Perché ci odiano? Culture neocoloniali e deindustrializzazione nel ventre molle dell’Europa

Dopo gli attentati di Parigi dello scorso 13 novembre da più parti ci si è chiesti: perché ci odiano? Questa volta le risposte, almeno quelle presenti nell’informazione generalista – che però è quella che forma l’opinione pubblica e di conseguenza le risposte politiche che a loro volta formano l’opinione pubblica in un loop senza fine – hanno tentato la carta psicologica. I terroristi altro non sarebbero che “scarti sociali” con “un livello medio-basso di cultura, una famiglia molto solida ed unita alle spalle e la pericolosa tendenza al fanatismo religioso. In tutti i terroristi si è sempre osservato che più si chiudevano ed isolavano rispetto alla società più diminuiva il loro senso di realtà, alimentando così dichiarazioni sempre più farneticanti da rendere quindi ogni loro “delirio” come giusto e possibile. In tutti i terroristi si è anche sempre osservato che la molla che li ha spinti ad agire è sempre l’odio” (qui). La scelta terrorista sarebbe la conseguenza di un’esistenza alienata e marginale che trova nell’idea forte del radicalismo islamico una prospettiva altrimenti impossibile e con internet lo strumento di relazione della propria patologia. Di tutte le risposte che i policy makers occidentali potevano escogitare questa è davvero la più incredibile. Non che ci credano essi stessi (se il capitalismo fosse così stupido sarebbe seppellito da un pezzo tra le bizzarrie della storia), ma essendo la più veicolata diviene quella socialmente più accettata, dando vita ad un processo di de-responsabilizzazione complessivo delle società occidentali. Corollario alla risposta psicologica è la richiesta di una “psicologia dell’antiterrorismo”, che miri a prevenire psichiatricamente la patologia del terrorista. Purtroppo, a queste cose l’opinione pubblica ci crede davvero.
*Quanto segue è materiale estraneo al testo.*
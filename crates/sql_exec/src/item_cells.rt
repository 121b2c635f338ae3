// The values of items, one row after the other.
ghost use Rattle.std.specs.Prelude.{◌≡◌, ◌++◌, ◌∷◌, [], List, IfErr, IfOk, drop, map};
ghost use Rattle.vtl_cell.specs.Conversion.{as_kind};
ghost use Rattle.vtl_cell.specs.Outcome.{after, fault_in, join};
ghost use Rattle.vtl_cell.specs.Row.{Row, column_of};
ghost use Rattle.vtl_scalar.specs.Answers.{Answers};
ghost use Rattle.sql_meaning.specs.Outcomes.{cell_or_null, row_at, row_fault};
ghost use Rattle.vtl_scalar.specs.Seen.{seen_of};
ghost use Rattle.sql_exec.specs.ItemCells.{next_value, values_in};

use std::alloc::AllocError;
use std::vec::IntoIter;
use vtl_cell::{Cell, Kind, clone_cell};
use vtl_decimal::{Fault, Profile};
use vtl_scalar::{ScalarErr, Seen, to_kind};

/// The values of an item from a row of FROM on.
pub(crate) enum ItemCells {
    /// The cells of the rows at this place.
    Own(usize),
    /// Values that are made, as ones of this kind.
    Made {
        values: IntoIter<Result<Cell, Fault>>,
        kind: Kind,
    },
}

// Written out, so that each owner sees one call and not the drop of each part.
impl Drop for ItemCells {
    fn drop(self) {
        match self {
            ItemCells::Own(_) => {}
            ItemCells::Made {
                values: _values,
                kind: _,
            } => {}
        }
    }
}

// A cell equal to the one at a place of a row, or null where it has none.
fn copy_at(row: &[Cell], place: usize) -> Result<Cell, AllocError>
    ensures { IfOk result (λ cell. cell ≡ column_of place row.now) }
{
    match row.get(place) {
        Some(cell) => clone_cell(cell),
        None => Ok(Cell::Null),
    }
}

// A value that is made, as one of the kind.
fn of_kind(value: Result<Cell, Fault>, kind: Kind, p: &Profile) -> Result<Cell, Fault>
    ensures { result ≡ after value (as_kind p.now kind) }
{
    to_kind(kind, value?, p)
}

impl ItemCells {
    // The value at the next row of FROM, which is this one: a value that was made is taken out.
    fn next_value(&mut self, row: &[Cell], p: &Profile) -> Result<Cell, ScalarErr>
        ensures value { Answers result (next_value p.now self.old row.now) }
        ensures others { (rows : List Row) → values_in p.now rows self.new ≡ drop 1 (values_in p.now (row.now ∷ rows) self.old) }
    {
        match self {
            ItemCells::Own(place) => Ok(copy_at(row, *place)?),
            ItemCells::Made { values, kind } => match values.next() {
                Some(value) => Ok(of_kind(value, *kind, p)?),
                None => Ok(Cell::Null),
            },
        }
    }
}

// Puts the value of an item at the next row, which is this one, behind others, or null where it has a fault.
fn push_next(
    cells: &mut Vec<Cell>,
    seen: Seen,
    item: &mut ItemCells,
    row: &[Cell],
    p: &Profile,
) -> Result<Seen, ScalarErr>
    ensures cells { IfOk result (λ _. cells.new.items ≡ cells.old.items ++ cell_or_null (next_value p.now item.old row.now) ∷ []) }
    ensures seen { IfOk result (λ s. seen_of s ≡ join (seen_of seen) (fault_in (next_value p.now item.old row.now))) }
    ensures others { (rows : List Row) → values_in p.now rows item.new ≡ drop 1 (values_in p.now (row.now ∷ rows) item.old) }
    ensures err { IfErr result (λ e. e ≡ ScalarErr.OutOfMemory) }
{
    match item.next_value(row, p) {
        Ok(cell) => {
            cells.push(cell)?;
            Ok(seen)
        }
        Err(error) => {
            let seen = seen.and(error)?;
            cells.push(Cell::Null)?;
            Ok(seen)
        }
    }
}

/// Puts the values of items at the next row, which is this one, behind others; null stands for one that has a fault.
pub(crate) fn push_across(
    cells: &mut Vec<Cell>,
    seen: Seen,
    items: &mut [ItemCells],
    row: &[Cell],
    p: &Profile,
) -> Result<Seen, ScalarErr>
    ensures cells { IfOk result (λ _. cells.new.items ≡ cells.old.items ++ row_at (next_value p.now) items.old row.now) }
    ensures seen { IfOk result (λ s. seen_of s ≡ join (seen_of seen) (row_fault (next_value p.now) items.old row.now)) }
    ensures others { IfOk result (λ _. (rows : List Row) → map (values_in p.now rows) items.new ≡ map (λ x. drop 1 (values_in p.now (row.now ∷ rows) x)) items.old) }
    ensures err { IfErr result (λ e. e ≡ ScalarErr.OutOfMemory) }
{
    let mut with_these = seen;
    for item in items.iter_mut() {
        with_these = push_next(cells, with_these, item, row, p)?;
    }
    Ok(with_these)
}
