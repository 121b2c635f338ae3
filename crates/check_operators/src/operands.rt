// The operands of an operator, separated into data sets and values.
ghost use Rattle.std.specs.Prelude.{◌≡◌, ◌++◌, ◌∷◌, [], IfOk, OnOk};
ghost use Rattle.vtl_tree.specs.View.{comp_exp_of};
ghost use Rattle.check_operators.specs.Operators.{no_operands, parted, parted_view, with_operand};
ghost use Rattle.check_operators.specs.Typed.{typed_tree, typed_trees, value};

use crate::Typed;
use std::alloc::{AllocError, Global};
use vtl_tree::{CompExpr, Node};

/// Operands: the data sets, and the values before and after the first of them.
#[derive(Drop)]
pub(crate) struct Parted {
    /// The values before the first data set.
    pub(crate) before: Vec<CompExpr>,
    /// The data sets.
    pub(crate) datasets: Vec<Box<Node>>,
    /// The values after the first data set.
    pub(crate) after: Vec<CompExpr>,
}

fn push_value(parted: &mut Parted, e: CompExpr) -> Result<(), AllocError>
    ensures { OnOk result (parted_view parted.new ≡ with_operand (parted_view parted.old) (value (comp_exp_of e))) }
{
    match parted.datasets.as_slice() {
        [] => Ok(parted.before.push(e)?),
        _ => Ok(parted.after.push(e)?),
    }
}

fn push_operand(parted: &mut Parted, operand: Typed) -> Result<(), AllocError>
    ensures { OnOk result (parted_view parted.new ≡ with_operand (parted_view parted.old) (typed_tree operand)) }
{
    match operand {
        Typed::Value(e) => push_value(parted, e),
        Typed::Dataset(node) => Ok(parted.datasets.push(node)?),
    }
}

fn no_operands(alloc: Global) -> Parted
    ensures { parted_view result ≡ no_operands }
{
    Parted {
        before: Vec::new(alloc),
        datasets: Vec::new(alloc),
        after: Vec::new(alloc),
    }
}

/// The data sets among operands, and the values before and after the first of them.
pub(crate) fn part(alloc: Global, operands: Vec<Typed>) -> Result<Parted, AllocError>
    ensures { IfOk result (λ p. parted_view p ≡ parted no_operands (typed_trees operands)) }
{
    let mut parted = no_operands(alloc);
    for operand in operands {
        push_operand(&mut parted, operand)?;
    }
    Ok(parted)
}
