// Items of a select that is not grouped, with places in place of names.
//
// The values of a window are made once, before the rows of its select, and lent at each row by its number; an
// expression is evaluated at the row. So an item is one of two sources of values (`ItemValues`), and the rows go by
// one loop.
ghost use Rattle.std.specs.Prelude.{◌≡◌, ◌++◌, ◌∷◌, [], ℕ, map, length, zip, IfErr, IfOk, IfSome, None, Ok};
ghost use Rattle.std.specs.List.{AllByRecursion};
ghost use Rattle.vtl_cell.specs.Outcome.{fault_in, join};
ghost use Rattle.vtl_decimal.specs.Settings.{Settings};
ghost use Rattle.vtl_scalar.specs.Answers.{AnswersBy};
ghost use Rattle.vtl_scalar.specs.Given.{given_cell};
ghost use Rattle.sql_tree.specs.View.{item_tree, value_tree};
ghost use Rattle.sql_check_parts.specs.Expressions.{site};
ghost use Rattle.sql_from.specs.Held.{tables_held};
ghost use Rattle.sql_meaning.specs.Outcomes.{cell_or_null, row_at, row_fault};
ghost use Rattle.vtl_scalar.specs.Seen.{seen_of};
ghost use Rattle.sql_from.specs.Sources.{scope_held};
ghost use Rattle.sql_from.specs.Standing.{rows_for, sight_of};
ghost use Rattle.sql_check_laws.specs.Selects.{IsItemTyped, IsValueTyped};
ghost use Rattle.sql_exec.specs.Items.{HasValuesOf, HaveValuesOf, made_at_row, made_value};

use sql_eval::{Cells, Level, Resolved, resolve, value_at};
use sql_from::TupleRows;
use sql_tree::{Item, ItemValue};
use sql_window::{TabledRows, window_values};
use std::alloc::{AllocError, Global};
use vtl_cell::{Cell, Kind, clone_cell};
use vtl_decimal::{Fault, Profile};
use vtl_scalar::{Given, ScalarErr, Seen, given_of_kind};

/// The values of an item at the rows of FROM.
pub(crate) enum ItemValues {
    /// Those of an expression, with places.
    Expression(Resolved),
    /// Those of a window, by the numbers of the rows.
    Window(Vec<Result<Cell, Fault>>),
}

// Written out, so that each owner sees one call and not the drop of each part.
impl Drop for ItemValues {
    fn drop(self) {
        match self {
            ItemValues::Expression(_e) => {}
            ItemValues::Window(_cells) => {}
        }
    }
}

// The value of a window, which is lent.
fn lent_value<'v>(value: &'v Result<Cell, Fault>) -> Result<Given<'v>, ScalarErr>
    ensures { AnswersBy given_cell result value.now }
{
    match value {
        Ok(cell) => Ok(Given::Lent(cell)),
        Err(fault) => Err(ScalarErr::from(*fault)),
    }
}

impl ItemValues {
    /// The value at a row of FROM of this number.
    pub(crate) fn at<'v, R: Cells>(
        &'v self,
        alloc: Global,
        row: &'v R,
        number: usize,
        p: &Profile,
    ) -> Result<Given<'v>, ScalarErr>
        requires { R.group row.now ≡ [] }
        ensures { AnswersBy given_cell result (made_value p.now (R.tables row.now) self.now (R.cells row.now, number)) }
    {
        match self {
            ItemValues::Expression(e) => value_at(alloc, e, row, p),
            ItemValues::Window(cells) => match cells.get(number) {
                Some(value) => lent_value(value),
                None => Ok(Given::Made(Cell::Null)),
            },
        }
    }
}

/// An item, and the kind of its column.
pub(crate) struct RowItem {
    pub(crate) values: ItemValues,
    pub(crate) kind: Kind,
}

// Written out, so that each owner sees one call and not the drop of each part.
impl Drop for RowItem {
    fn drop(self) {
        let RowItem {
            values: _values,
            kind: _kind,
        } = self;
    }
}

// The values of an item at the rows of FROM.
fn item_values(
    alloc: Global,
    p: &Profile,
    rows: &TupleRows<'_>,
    value: &ItemValue,
) -> Result<ItemValues, AllocError>
    requires { IsValueTyped (site p.now (tables_held rows.now.sources.held) (scope_held rows.now.sources.sources)) None (value_tree value.now) }
    ensures { IfOk result (HasValuesOf (sight_of p.now rows.now.sources) (rows_for rows.now.sources rows.now.tuples) (value_tree value.now)) }
{
    match value {
        ItemValue::Expr(e) => {
            let resolved = resolve(alloc, p, &rows.sources, &Level::Rows, e)?;
            Ok(ItemValues::Expression(resolved.exp))
        }
        ItemValue::Window(window) => {
            let tabled = TabledRows::of(alloc, rows)?;
            Ok(ItemValues::Window(window_values(alloc, &tabled, window, p)?))
        }
    }
}

/// The items of a select at the rows of FROM, each with the kind of its column: the values of windows are made here,
/// once for all rows. It fails only if memory runs out.
pub(crate) fn row_items(
    alloc: Global,
    p: &Profile,
    rows: &TupleRows<'_>,
    items: &[Item],
    kinds: &[Kind],
) -> Result<Vec<RowItem>, AllocError>
    requires typed { AllByRecursion (IsItemTyped (site p.now (tables_held rows.now.sources.held) (scope_held rows.now.sources.sources)) None) (map item_tree items.now) }
    requires many { length kinds.now ≡ length items.now }
    ensures { IfOk result (λ v. HaveValuesOf (sight_of p.now rows.now.sources) (rows_for rows.now.sources rows.now.tuples) (zip (map item_tree items.now) kinds.now) v.items) }
{
    let mut row_items = Vec::with_capacity(alloc, items.len())?;
    for i in 0..items.len() {
        row_items.push(RowItem {
            values: item_values(alloc, p, rows, &items[i].value)?,
            kind: kinds[i],
        })?;
    }
    Ok(row_items)
}

// The value of an item that is a column, where its cell is of the item's kind as it stands.
fn lent_column<'v, R: Cells>(item: &RowItem, at: &'v R) -> Option<&'v Cell>
    ensures { IfSome result (λ cell. (p : Settings) (number : ℕ) → made_at_row p (R.tables at.now) item.now (R.cells at.now, number) ≡ Ok cell.now) }
{
    let ItemValues::Expression(Resolved::Column(place)) = &item.values else {
        return None;
    };
    match (item.kind, at.cell(*place)) {
        (Kind::Num, Cell::Int(_)) => None,
        (_, cell) => Some(cell),
    }
}

// Puts the value of an item behind others, or null where it has a fault. Most items are columns, whose cells are copied
// at once.
fn push_item<R: Cells>(
    alloc: Global,
    cells: &mut Vec<Cell>,
    seen: Seen,
    item: &RowItem,
    at: &R,
    number: usize,
    p: &Profile,
) -> Result<Seen, ScalarErr>
    requires { R.group at.now ≡ [] }
    ensures cells { IfOk result (λ _. cells.new.items ≡ cells.old.items ++ cell_or_null (made_at_row p.now (R.tables at.now) item.now (R.cells at.now, number)) ∷ []) }
    ensures seen { IfOk result (λ s. seen_of s ≡ join (seen_of seen) (fault_in (made_at_row p.now (R.tables at.now) item.now (R.cells at.now, number)))) }
    ensures err { IfErr result (λ e. e ≡ ScalarErr.OutOfMemory) }
{
    if let Some(cell) = lent_column(item, at) {
        cells.push(clone_cell(cell)?)?;
        return Ok(seen);
    }
    match given_of_kind(item.values.at(alloc, at, number, p), item.kind, p) {
        Ok(value) => {
            cells.push(value.into_cell()?)?;
            Ok(seen)
        }
        Err(error) => {
            let seen = seen.and(error)?;
            cells.push(Cell::Null)?;
            Ok(seen)
        }
    }
}

/// Puts the values of items at a row of FROM of this number behind others; null stands for one that has a fault.
pub(crate) fn push_items<R: Cells>(
    alloc: Global,
    cells: &mut Vec<Cell>,
    seen: Seen,
    items: &[RowItem],
    at: &R,
    number: usize,
    p: &Profile,
) -> Result<Seen, ScalarErr>
    requires { R.group at.now ≡ [] }
    ensures cells { IfOk result (λ _. cells.new.items ≡ cells.old.items ++ row_at (made_at_row p.now (R.tables at.now)) items.now (R.cells at.now, number)) }
    ensures seen { IfOk result (λ s. seen_of s ≡ join (seen_of seen) (row_fault (made_at_row p.now (R.tables at.now)) items.now (R.cells at.now, number))) }
    ensures err { IfErr result (λ e. e ≡ ScalarErr.OutOfMemory) }
{
    let mut with_these = seen;
    for item in items {
        with_these = push_item(alloc, cells, with_these, item, at, number, p)?;
    }
    Ok(with_these)
}
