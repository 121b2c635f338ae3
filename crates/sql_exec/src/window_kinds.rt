// The kinds of windows that are typed.
//
// The kind of a window is that of a typed one: that of LAG and LEAD is their column's, and the literal behind is not
// asked again.
ghost use Rattle.std.specs.Prelude.{◌≡◌, IsSome};
ghost use Rattle.sql_check_parts.specs.Windows.{call_kind, window_kind};

use sql_check_parts::or_null;
use sql_eval::Names;
use sql_tree::{ValueFunction, Window, WindowCall};
use vtl_cell::{Kind, aggregate_kind, number_of};

// The kind that a call gives: LAG and LEAD that of their column, whose default is of that kind.
fn call_kind<N: Names>(names: &N, call: &WindowCall) -> Option<Kind>
    requires { IsSome (call_kind (N.scope names.now) call.now) }
    ensures { result ≡ call_kind (N.scope names.now) call.now }
{
    match call {
        WindowCall::Aggregate { function, column } => {
            aggregate_kind(*function, or_null(names.kind(column)))
        }
        WindowCall::Value {
            function: ValueFunction::RatioToReport,
            column,
        } => number_of(or_null(names.kind(column))),
        WindowCall::Value { column, .. } | WindowCall::Shift { column, .. } => {
            Some(or_null(names.kind(column)))
        }
        WindowCall::Rank => Some(Kind::Int),
    }
}

/// The kind of a window.
pub(crate) fn window_kind<N: Names>(names: &N, window: &Window) -> Kind
    requires { IsSome (call_kind (N.scope names.now) window.now.call) }
    ensures { result ≡ window_kind (N.scope names.now) window.now }
{
    or_null(call_kind(names, &window.call))
}
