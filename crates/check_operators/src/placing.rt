// Which operators take data sets, and where.
ghost use Rattle.std.specs.Prelude.{◌≡◌};
ghost use Rattle.check_operators.specs.Operators.{is_binary, is_choice, misplaced_rule, outcome_of, takes_dataset, takes_first};
ghost use Rattle.vtl_cell.specs.OperatorKinds.{takes_literals};

use check_faults::Rule;
use vtl_cell::ScalarOp;
use vtl_tree::Outcome;

/// Whether an operator stands between two operands, either of which may be a data set.
pub(crate) fn is_binary(op: ScalarOp) -> bool
    ensures { result ≡ is_binary op }
{
    match op {
        ScalarOp::Add | ScalarOp::Subtract | ScalarOp::Multiply => true,
        ScalarOp::Divide | ScalarOp::Modulo | ScalarOp::Concat => true,
        ScalarOp::Equal | ScalarOp::NotEqual => true,
        ScalarOp::Less | ScalarOp::LessOrEqual => true,
        ScalarOp::Greater | ScalarOp::GreaterOrEqual => true,
        ScalarOp::And | ScalarOp::Or | ScalarOp::Xor => true,
        _ => false,
    }
}

/// Whether the operands of an operator after the first have to be integer literals.
pub(crate) fn takes_literals(op: ScalarOp) -> bool
    ensures { result ≡ takes_literals op }
{
    match op {
        ScalarOp::Round | ScalarOp::Truncate => true,
        ScalarOp::Substring | ScalarOp::PeriodShift => true,
        _ => false,
    }
}

fn takes_first(op: ScalarOp) -> bool
    ensures { result ≡ takes_first op }
{
    match op {
        ScalarOp::Length | ScalarOp::Position | ScalarOp::If => false,
        _ => true,
    }
}

/// Whether an operator takes a data set after this many values.
pub(crate) fn takes_dataset(op: ScalarOp, values: usize) -> bool
    ensures { result ≡ takes_dataset op values }
{
    (takes_first(op) && values == 0) || (is_binary(op) && values == 1)
}

/// Whether an operator is `if`.
pub(crate) fn is_choice(op: ScalarOp) -> bool
    ensures { result ≡ is_choice op }
{
    match op {
        ScalarOp::If => true,
        _ => false,
    }
}

/// Which measures an operator asks for and gives: comparisons and tests want one and give `bool_var`.
pub(crate) fn outcome_of(op: ScalarOp) -> Outcome
    ensures { result ≡ outcome_of op }
{
    match op {
        ScalarOp::Equal | ScalarOp::NotEqual => Outcome::Truth,
        ScalarOp::Less | ScalarOp::LessOrEqual => Outcome::Truth,
        ScalarOp::Greater | ScalarOp::GreaterOrEqual => Outcome::Truth,
        ScalarOp::Between | ScalarOp::In | ScalarOp::NotIn => Outcome::Truth,
        ScalarOp::IsNull => Outcome::Truth,
        _ => Outcome::Each,
    }
}

/// The rule that is broken where a data set stands and the operator takes none.
pub(crate) fn misplaced_rule(number: bool, literals: bool) -> Rule
    ensures { result ≡ misplaced_rule number literals }
{
    match (number, literals) {
        (false, _) => Rule::WrongKind,
        (true, false) => Rule::WrongLiteral,
        (true, true) => Rule::DatasetOrValue,
    }
}
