// Where an expression stands, and what its names stand for there.
ghost use Rattle.std.specs.Prelude.{◌≡◌, ◌++◌, IfOk, OnOk};
ghost use Rattle.vtl_tree.specs.NodeView.{node_tree};
ghost use Rattle.vtl_tree.specs.Shown.{shown};
ghost use Rattle.std.specs.Option.{option_map};
ghost use Rattle.vtl_tree.specs.Structure.{columns_of, names_of};
ghost use Rattle.check_operators.specs.Places.{at_groups, at_points, columns_at, in_aggregate, regrouped};

use std::alloc::{AllocError, Global};
use vtl_syntax::JoinKind;
use vtl_text::{List, Shared, Txt};
use vtl_tree::{Component, Node, Operand, Structure, share_component};

/// Where an expression stands.
#[derive(Drop)]
pub enum Place {
    /// Where names stand for data sets.
    Outside,
    /// Where names stand for components.
    Inside(Inside),
}

/// What names stand for inside the brackets of a data set.
#[derive(Drop)]
pub struct Inside {
    /// The components, in column order.
    pub components: List<Component>,
    /// Over groups of points: the names that may stand alone, which are those by which the groups are formed, and in
    /// the operand of an aggregate all of them.
    pub grouping: Option<List<Txt>>,
    /// In the body of a join: its operands.
    pub joined: Option<Joined>,
}

/// The operands of a join, as its body sees them.
#[derive(Drop)]
pub struct Joined {
    /// The kind of the join.
    pub kind: JoinKind,
    /// Its operands.
    pub operands: Shared<Operand>,
    /// The names that operands hold, operand by operand.
    pub held: Shared<Txt>,
}

/// The components that names stand for at a place, in column order; outside there are none.
pub fn columns_at(place: &Place) -> &[Component]
    ensures { result.now ≡ columns_at place.now }
{
    match place {
        Place::Outside => &[],
        Place::Inside(inside) => inside.components.as_slice(),
    }
}

fn push_columns(out: &mut Vec<Component>, columns: &[&Component]) -> Result<(), AllocError>
    ensures { OnOk result (out.new.items ≡ out.old.items ++ shown columns.now) }
{
    for column in columns {
        out.push(share_component(column)?)?;
    }
    Ok(())
}

fn columns_of(alloc: Global, structure: &Structure) -> Result<List<Component>, AllocError>
    ensures { IfOk result (λ columns. columns ≡ columns_of structure.now) }
{
    let columns = structure.columns(alloc)?;
    let mut out = Vec::new(alloc);
    push_columns(&mut out, &columns)?;
    Ok(List::of(out))
}

fn share_joined(joined: &Joined) -> Result<Joined, AllocError>
    ensures { IfOk result (λ copy. copy ≡ joined.now) }
{
    let operands = joined.operands.share()?;
    let held = joined.held.share()?;
    Ok(Joined {
        kind: joined.kind,
        operands,
        held,
    })
}

fn share_any_joined(joined: &Option<Joined>) -> Result<Option<Joined>, AllocError>
    ensures { IfOk result (λ copy. copy ≡ joined.now) }
{
    match joined {
        Some(joined) => Ok(Some(share_joined(joined)?)),
        None => Ok(None),
    }
}

/// The place at each point of a data set, in the body of a join or elsewhere.
pub fn points(alloc: Global, joined: &Option<Joined>, node: &Node) -> Result<Place, AllocError>
    ensures { IfOk result (λ at. at ≡ Place.Inside (at_points joined.now (node_tree node.now))) }
{
    let components = columns_of(alloc, &node.structure)?;
    let joined = share_any_joined(joined)?;
    Ok(Place::Inside(Inside {
        components,
        grouping: None,
        joined,
    }))
}

/// The place at each group of points of a data set, with the names by which the groups are formed.
pub fn groups(
    alloc: Global,
    joined: &Option<Joined>,
    node: &Node,
    names: List<Txt>,
) -> Result<Place, AllocError>
    ensures { IfOk result (λ at. at ≡ Place.Inside (at_groups joined.now (node_tree node.now) names)) }
{
    let components = columns_of(alloc, &node.structure)?;
    let joined = share_any_joined(joined)?;
    Ok(Place::Inside(Inside {
        components,
        grouping: Some(names),
        joined,
    }))
}

fn share_components(alloc: Global, components: &[Component]) -> Result<List<Component>, AllocError>
    ensures { IfOk result (λ copy. copy ≡ components.now) }
{
    let mut out = Vec::new(alloc);
    for component in components {
        out.push(share_component(component)?)?;
    }
    Ok(List::of(out))
}

fn names_of(alloc: Global, components: &[Component]) -> Result<List<Txt>, AllocError>
    ensures { IfOk result (λ names. names ≡ names_of components.now) }
{
    let mut out = Vec::new(alloc);
    for component in components {
        out.push(component.name.share()?)?;
    }
    Ok(List::of(out))
}

fn all_names(
    alloc: Global,
    grouping: &Option<List<Txt>>,
    components: &[Component],
) -> Result<Option<List<Txt>>, AllocError>
    ensures { IfOk result (λ all. all ≡ option_map (λ names. names_of components.now) grouping.now) }
{
    match grouping {
        Some(_) => Ok(Some(names_of(alloc, components)?)),
        None => Ok(None),
    }
}

/// The place at each group of the points of a place, with the names by which the groups are formed.
pub fn regrouped(alloc: Global, inside: &Inside, names: List<Txt>) -> Result<Place, AllocError>
    ensures { IfOk result (λ at. at ≡ Place.Inside (regrouped inside.now names)) }
{
    let components = share_components(alloc, inside.components.as_slice())?;
    let joined = share_any_joined(&inside.joined)?;
    Ok(Place::Inside(Inside {
        components,
        grouping: Some(names),
        joined,
    }))
}

fn all_inside(alloc: Global, inside: &Inside) -> Result<Place, AllocError>
    ensures { IfOk result (λ at. at ≡ in_aggregate (Place.Inside inside.now)) }
{
    let components = share_components(alloc, inside.components.as_slice())?;
    let grouping = all_names(alloc, &inside.grouping, components.as_slice())?;
    let joined = share_any_joined(&inside.joined)?;
    Ok(Place::Inside(Inside {
        components,
        grouping,
        joined,
    }))
}

/// The place of the operand of an aggregate: over groups each component may stand there.
pub fn in_aggregate(alloc: Global, place: &Place) -> Result<Place, AllocError>
    ensures { IfOk result (λ at. at ≡ in_aggregate place.now) }
{
    match place {
        Place::Outside => Ok(Place::Outside),
        Place::Inside(inside) => all_inside(alloc, inside),
    }
}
Per quanto ci riguarda, da tempo immemore andiamo dicendo che l’attuale disordine mediorientale è il frutto del tentativo di ordinare alcune regioni del mondo ancora escluse dalla messa a profitto liberista; che il “terrorismo” è un fenomeno creato direttamente dalle politiche occidentali in Medioriente; che lo Stato islamico è tuttora armato, finanziato e coperto da precisi e individuati soggetti statuali occidentali coi propri referenti regionali. Nonostante la genesi oggettiva, va anche detto che esiste una massa di persone che al messaggio del radicalismo islamico crede in buona fede. Soprattutto, ci credono quelle migliaia di foreign fighters che dalle periferie europee decidono di andare a combattere in Medioriente. Se nella regione mediorientale la risposta alla domanda “perché ci odiano” si trova nell’interpretazione oggettiva di fatti storici secolari che hanno prodotto tale odio, nella metropoli europea va percorsa un’altra strada. Qui vogliamo dare solo due spunti interpretativi, o se vogliamo due esempi, che possano valere per un discorso generale in grado di rispondere alla domanda che agita l’incredulità del buon europeo.

Il 23 febbraio 2005 il governo francese, con l’assenso di tutte le maggiori forze politiche di centrodestra e centrosinistra, varava la legge n.158-2005 che riconosceva il ruolo positivo del colonialismo francese nelle terre d’Oltremare e in particolare in Africa del nord e Indocina. Questo l’articolo 1:
La Nation exprime sa reconnaissance aux femmes et aux hommes qui ont participé à l’oeuvre accomplie par la France dans les anciens départements français d’Algérie, au Maroc, en Tunisie et en Indochine ainsi que dans les territoires placés antérieurement sous la souveraineté française”.
Qui invece l’articolo 4, successivamente cassato dopo una lunga trafila parlamentare che ne aveva stabilito “l’inopportunità” perché sembrava rappresentare “un’ingerenza nella storia coloniale francese”:
Les programmes scolaires reconnaissent en particulier le rôle positif de la présence française outre-mer, notamment en Afrique du Nord et accordent à l’histoire et aux sacrifices des combattants de l’armée française issus de ces territoires la place éminente à laquelle ils ont droit” (qui).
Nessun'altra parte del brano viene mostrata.